(Collected data)
^^^^
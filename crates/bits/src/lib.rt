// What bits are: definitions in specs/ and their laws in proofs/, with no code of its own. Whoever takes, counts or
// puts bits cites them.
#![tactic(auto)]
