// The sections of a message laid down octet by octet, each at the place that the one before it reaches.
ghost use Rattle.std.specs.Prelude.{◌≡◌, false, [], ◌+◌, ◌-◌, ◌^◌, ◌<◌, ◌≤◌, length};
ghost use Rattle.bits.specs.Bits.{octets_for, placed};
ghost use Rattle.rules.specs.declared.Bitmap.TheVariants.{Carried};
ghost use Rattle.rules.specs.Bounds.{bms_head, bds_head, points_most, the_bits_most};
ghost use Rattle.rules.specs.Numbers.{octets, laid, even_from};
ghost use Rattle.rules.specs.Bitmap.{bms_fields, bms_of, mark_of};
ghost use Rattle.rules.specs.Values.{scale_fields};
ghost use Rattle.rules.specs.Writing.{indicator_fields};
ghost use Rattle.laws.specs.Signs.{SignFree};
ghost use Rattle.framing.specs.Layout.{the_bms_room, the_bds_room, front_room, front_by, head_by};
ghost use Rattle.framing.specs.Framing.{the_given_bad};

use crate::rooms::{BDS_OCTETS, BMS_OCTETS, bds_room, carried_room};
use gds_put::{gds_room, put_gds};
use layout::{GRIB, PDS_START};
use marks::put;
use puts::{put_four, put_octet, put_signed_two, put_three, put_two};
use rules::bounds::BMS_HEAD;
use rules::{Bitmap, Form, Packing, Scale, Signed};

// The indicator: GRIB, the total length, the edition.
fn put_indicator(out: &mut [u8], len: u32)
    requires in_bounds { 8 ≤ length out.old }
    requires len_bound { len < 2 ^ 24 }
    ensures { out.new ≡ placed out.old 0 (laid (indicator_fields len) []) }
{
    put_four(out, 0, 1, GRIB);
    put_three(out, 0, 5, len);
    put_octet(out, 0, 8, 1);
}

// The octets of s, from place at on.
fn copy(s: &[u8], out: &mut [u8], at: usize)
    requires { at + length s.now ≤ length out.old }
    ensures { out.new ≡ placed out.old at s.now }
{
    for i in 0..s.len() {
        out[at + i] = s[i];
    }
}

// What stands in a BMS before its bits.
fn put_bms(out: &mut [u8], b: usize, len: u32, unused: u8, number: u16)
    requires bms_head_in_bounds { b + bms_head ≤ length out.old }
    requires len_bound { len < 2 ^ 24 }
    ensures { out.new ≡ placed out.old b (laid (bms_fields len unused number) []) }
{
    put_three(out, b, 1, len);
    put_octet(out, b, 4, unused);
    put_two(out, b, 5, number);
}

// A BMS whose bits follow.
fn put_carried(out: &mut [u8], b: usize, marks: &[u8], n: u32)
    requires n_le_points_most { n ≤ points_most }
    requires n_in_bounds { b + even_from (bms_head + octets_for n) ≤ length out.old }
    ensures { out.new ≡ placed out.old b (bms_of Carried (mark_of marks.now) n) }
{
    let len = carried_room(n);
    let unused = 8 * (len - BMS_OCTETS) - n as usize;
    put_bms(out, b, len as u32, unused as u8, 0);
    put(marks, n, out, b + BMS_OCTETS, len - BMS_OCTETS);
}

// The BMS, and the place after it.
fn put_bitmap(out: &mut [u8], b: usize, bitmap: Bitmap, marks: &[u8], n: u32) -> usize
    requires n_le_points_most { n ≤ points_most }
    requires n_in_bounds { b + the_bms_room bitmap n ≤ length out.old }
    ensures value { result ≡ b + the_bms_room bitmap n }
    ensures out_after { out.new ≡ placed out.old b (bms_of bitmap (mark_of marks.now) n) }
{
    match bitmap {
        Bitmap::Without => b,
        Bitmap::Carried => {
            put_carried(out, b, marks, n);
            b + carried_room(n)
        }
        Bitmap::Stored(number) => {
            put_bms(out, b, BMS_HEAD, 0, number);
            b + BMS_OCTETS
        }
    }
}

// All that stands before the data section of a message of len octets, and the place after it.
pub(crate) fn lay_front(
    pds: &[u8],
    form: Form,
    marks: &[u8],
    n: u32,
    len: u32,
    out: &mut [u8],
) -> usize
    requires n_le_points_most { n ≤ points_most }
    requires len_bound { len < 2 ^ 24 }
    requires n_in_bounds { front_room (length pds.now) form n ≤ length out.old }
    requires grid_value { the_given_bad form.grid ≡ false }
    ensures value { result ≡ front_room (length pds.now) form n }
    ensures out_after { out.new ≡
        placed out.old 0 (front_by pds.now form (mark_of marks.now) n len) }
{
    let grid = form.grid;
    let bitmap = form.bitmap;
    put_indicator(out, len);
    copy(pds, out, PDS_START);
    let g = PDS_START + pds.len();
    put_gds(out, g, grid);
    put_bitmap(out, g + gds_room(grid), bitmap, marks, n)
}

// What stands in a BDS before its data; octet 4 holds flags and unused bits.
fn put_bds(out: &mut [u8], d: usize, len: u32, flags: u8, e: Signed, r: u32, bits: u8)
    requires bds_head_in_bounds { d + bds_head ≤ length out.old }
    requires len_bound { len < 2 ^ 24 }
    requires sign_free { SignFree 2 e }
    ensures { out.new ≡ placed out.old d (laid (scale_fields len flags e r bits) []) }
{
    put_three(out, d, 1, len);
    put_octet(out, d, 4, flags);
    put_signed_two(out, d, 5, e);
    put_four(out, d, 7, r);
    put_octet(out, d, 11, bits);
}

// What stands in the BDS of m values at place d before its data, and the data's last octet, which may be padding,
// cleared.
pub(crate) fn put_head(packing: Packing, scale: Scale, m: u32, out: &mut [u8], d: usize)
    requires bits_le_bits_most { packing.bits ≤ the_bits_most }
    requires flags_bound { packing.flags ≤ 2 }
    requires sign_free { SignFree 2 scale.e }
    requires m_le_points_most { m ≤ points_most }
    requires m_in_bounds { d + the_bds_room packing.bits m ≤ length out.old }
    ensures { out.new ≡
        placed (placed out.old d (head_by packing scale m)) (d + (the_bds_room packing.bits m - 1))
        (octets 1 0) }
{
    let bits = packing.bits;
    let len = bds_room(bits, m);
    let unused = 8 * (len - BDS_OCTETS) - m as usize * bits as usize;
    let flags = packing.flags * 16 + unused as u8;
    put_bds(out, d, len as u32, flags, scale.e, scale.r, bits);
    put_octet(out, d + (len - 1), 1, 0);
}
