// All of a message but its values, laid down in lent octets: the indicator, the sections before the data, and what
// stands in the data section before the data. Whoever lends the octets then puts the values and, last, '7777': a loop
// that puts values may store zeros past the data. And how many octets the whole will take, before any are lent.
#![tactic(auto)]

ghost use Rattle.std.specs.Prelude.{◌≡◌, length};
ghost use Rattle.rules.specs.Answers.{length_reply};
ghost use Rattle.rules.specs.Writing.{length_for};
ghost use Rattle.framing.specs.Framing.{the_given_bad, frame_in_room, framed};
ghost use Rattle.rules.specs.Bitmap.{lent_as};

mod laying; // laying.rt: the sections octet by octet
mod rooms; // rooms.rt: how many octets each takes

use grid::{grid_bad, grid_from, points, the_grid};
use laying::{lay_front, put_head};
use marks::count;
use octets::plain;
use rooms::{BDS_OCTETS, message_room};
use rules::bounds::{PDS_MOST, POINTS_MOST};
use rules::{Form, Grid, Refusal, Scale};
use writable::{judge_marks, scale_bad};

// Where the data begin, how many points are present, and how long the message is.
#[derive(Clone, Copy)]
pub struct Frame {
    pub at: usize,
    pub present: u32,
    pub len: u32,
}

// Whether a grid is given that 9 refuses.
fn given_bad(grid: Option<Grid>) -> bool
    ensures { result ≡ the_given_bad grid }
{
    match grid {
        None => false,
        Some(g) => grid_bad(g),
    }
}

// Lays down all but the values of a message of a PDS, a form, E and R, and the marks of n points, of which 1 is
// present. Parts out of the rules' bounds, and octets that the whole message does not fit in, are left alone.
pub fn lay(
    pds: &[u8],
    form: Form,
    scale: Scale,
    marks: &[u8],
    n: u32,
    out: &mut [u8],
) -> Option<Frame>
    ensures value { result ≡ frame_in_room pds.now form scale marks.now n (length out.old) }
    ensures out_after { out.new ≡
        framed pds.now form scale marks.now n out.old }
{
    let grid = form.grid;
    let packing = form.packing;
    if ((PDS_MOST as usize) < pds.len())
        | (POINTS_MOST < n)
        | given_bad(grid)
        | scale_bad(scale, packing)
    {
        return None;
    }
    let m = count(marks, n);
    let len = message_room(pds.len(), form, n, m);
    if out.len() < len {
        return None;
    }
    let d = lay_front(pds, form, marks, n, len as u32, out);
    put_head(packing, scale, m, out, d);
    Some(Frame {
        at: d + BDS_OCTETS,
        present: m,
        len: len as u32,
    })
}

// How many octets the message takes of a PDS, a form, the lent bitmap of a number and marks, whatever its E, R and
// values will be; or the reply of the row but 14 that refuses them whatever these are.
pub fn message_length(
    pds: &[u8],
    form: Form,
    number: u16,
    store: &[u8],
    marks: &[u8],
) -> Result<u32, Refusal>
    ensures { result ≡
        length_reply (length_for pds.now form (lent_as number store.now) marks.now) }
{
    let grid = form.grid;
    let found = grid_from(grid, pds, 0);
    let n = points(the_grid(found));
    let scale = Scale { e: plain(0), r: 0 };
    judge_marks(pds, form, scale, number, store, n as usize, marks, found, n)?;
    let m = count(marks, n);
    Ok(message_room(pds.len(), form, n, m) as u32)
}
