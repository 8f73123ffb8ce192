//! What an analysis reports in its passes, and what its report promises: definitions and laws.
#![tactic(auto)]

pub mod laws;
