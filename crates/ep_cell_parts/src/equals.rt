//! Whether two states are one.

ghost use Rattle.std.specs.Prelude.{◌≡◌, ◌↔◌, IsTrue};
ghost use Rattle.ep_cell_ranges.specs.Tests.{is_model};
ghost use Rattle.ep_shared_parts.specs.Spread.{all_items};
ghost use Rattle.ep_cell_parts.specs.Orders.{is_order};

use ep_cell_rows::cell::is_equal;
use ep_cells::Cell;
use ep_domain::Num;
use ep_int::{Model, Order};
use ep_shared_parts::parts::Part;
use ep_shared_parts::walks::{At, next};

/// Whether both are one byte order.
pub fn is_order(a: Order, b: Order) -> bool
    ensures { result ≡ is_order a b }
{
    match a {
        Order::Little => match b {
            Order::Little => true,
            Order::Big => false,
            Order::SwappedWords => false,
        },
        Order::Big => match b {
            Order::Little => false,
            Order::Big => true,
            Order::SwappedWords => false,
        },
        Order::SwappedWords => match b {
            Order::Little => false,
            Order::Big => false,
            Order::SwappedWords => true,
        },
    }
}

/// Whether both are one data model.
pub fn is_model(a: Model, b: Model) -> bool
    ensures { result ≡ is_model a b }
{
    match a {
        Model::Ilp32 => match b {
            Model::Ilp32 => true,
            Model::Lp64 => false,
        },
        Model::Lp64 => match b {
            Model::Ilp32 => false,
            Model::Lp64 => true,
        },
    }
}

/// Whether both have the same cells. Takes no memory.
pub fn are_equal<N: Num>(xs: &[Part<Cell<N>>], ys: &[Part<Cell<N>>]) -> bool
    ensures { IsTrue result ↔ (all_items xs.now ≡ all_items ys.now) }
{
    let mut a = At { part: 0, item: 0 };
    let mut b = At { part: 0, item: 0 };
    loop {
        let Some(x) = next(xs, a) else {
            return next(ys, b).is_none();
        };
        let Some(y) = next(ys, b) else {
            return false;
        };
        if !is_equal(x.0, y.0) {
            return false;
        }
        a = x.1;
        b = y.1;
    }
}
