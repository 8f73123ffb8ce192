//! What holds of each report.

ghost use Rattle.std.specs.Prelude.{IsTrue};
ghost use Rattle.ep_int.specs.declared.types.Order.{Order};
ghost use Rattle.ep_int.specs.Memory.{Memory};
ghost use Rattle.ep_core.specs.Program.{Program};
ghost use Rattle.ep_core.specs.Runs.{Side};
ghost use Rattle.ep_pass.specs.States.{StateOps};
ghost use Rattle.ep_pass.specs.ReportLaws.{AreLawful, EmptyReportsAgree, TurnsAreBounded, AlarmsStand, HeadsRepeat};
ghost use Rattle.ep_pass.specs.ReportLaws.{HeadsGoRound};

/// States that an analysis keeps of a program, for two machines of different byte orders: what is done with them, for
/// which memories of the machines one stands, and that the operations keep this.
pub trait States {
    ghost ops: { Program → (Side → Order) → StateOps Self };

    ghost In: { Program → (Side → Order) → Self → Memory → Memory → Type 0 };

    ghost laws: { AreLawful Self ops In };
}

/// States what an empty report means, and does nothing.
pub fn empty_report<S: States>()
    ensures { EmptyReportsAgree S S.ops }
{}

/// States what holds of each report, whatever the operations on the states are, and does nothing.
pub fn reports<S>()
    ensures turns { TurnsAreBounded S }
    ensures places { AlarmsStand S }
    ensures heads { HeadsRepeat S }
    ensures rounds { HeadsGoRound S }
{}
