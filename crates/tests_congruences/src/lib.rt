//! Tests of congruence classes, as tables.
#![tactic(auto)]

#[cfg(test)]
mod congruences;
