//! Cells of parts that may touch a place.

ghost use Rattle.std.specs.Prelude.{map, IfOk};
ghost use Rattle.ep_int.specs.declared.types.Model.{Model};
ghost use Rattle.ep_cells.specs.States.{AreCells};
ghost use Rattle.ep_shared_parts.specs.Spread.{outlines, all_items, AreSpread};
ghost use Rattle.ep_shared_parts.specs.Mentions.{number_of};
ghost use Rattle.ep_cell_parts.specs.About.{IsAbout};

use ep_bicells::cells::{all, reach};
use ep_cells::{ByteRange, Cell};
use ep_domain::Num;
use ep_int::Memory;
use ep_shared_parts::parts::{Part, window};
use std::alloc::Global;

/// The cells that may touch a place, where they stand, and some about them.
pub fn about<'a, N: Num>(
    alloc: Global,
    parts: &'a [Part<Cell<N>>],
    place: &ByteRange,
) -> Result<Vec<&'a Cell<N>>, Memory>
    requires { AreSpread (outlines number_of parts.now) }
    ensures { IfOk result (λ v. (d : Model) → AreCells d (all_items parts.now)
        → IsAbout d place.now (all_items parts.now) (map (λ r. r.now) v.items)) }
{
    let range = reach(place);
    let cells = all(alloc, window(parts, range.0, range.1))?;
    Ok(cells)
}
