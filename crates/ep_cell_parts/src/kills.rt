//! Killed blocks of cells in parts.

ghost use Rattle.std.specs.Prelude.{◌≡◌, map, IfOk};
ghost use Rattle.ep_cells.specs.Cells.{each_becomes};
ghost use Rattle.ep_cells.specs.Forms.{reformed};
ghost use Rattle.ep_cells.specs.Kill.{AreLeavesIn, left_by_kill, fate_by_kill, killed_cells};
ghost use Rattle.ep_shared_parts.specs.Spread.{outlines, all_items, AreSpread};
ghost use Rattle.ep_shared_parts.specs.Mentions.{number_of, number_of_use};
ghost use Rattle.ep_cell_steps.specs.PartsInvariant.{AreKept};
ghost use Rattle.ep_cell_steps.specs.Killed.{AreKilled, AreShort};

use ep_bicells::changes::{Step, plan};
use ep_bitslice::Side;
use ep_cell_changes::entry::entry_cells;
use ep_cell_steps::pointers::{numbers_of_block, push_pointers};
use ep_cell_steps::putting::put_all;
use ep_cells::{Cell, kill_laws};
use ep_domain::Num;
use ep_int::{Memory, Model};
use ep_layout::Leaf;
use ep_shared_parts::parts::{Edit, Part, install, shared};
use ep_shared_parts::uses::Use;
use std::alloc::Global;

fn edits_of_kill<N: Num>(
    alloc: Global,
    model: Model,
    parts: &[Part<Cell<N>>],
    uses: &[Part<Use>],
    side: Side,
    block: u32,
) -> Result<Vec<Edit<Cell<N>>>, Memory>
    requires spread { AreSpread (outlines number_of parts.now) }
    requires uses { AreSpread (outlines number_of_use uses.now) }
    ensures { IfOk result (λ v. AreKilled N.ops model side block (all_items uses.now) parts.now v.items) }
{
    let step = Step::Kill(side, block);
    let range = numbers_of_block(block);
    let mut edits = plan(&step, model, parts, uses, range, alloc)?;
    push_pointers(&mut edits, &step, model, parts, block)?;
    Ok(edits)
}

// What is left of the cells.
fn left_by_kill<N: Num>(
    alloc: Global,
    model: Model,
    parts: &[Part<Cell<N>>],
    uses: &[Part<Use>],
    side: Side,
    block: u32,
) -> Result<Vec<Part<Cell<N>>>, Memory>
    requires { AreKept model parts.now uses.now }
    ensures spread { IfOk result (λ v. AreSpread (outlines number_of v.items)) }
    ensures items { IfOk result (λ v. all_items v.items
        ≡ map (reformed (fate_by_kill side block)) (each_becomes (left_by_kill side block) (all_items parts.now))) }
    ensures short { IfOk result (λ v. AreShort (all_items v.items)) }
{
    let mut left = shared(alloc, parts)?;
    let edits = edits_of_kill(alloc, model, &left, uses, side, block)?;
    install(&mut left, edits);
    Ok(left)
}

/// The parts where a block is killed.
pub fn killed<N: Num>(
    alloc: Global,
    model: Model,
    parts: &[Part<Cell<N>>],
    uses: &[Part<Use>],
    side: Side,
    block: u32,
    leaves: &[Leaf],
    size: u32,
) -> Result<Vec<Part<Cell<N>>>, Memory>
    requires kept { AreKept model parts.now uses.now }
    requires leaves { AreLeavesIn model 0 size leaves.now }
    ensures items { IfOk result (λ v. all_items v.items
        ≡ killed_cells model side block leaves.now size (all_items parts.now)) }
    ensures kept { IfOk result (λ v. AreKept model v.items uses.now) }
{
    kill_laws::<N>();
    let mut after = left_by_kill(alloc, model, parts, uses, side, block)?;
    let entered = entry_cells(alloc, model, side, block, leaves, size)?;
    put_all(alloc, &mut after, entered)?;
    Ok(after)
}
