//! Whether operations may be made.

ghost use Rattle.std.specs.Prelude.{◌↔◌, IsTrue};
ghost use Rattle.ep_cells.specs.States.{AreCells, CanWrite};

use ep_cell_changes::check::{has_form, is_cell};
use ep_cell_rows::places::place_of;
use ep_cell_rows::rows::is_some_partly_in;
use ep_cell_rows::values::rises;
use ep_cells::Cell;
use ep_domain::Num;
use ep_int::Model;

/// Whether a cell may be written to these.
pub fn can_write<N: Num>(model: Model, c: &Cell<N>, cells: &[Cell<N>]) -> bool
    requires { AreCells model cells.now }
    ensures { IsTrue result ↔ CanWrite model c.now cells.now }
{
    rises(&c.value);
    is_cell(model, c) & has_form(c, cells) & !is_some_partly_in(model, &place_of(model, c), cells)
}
^^^^
Report each line of the records that holds the word "SwappedWords".

            Order::SwappedWords => false,
            Order::SwappedWords => false,
        Order::SwappedWords => match b {
            Order::SwappedWords => true,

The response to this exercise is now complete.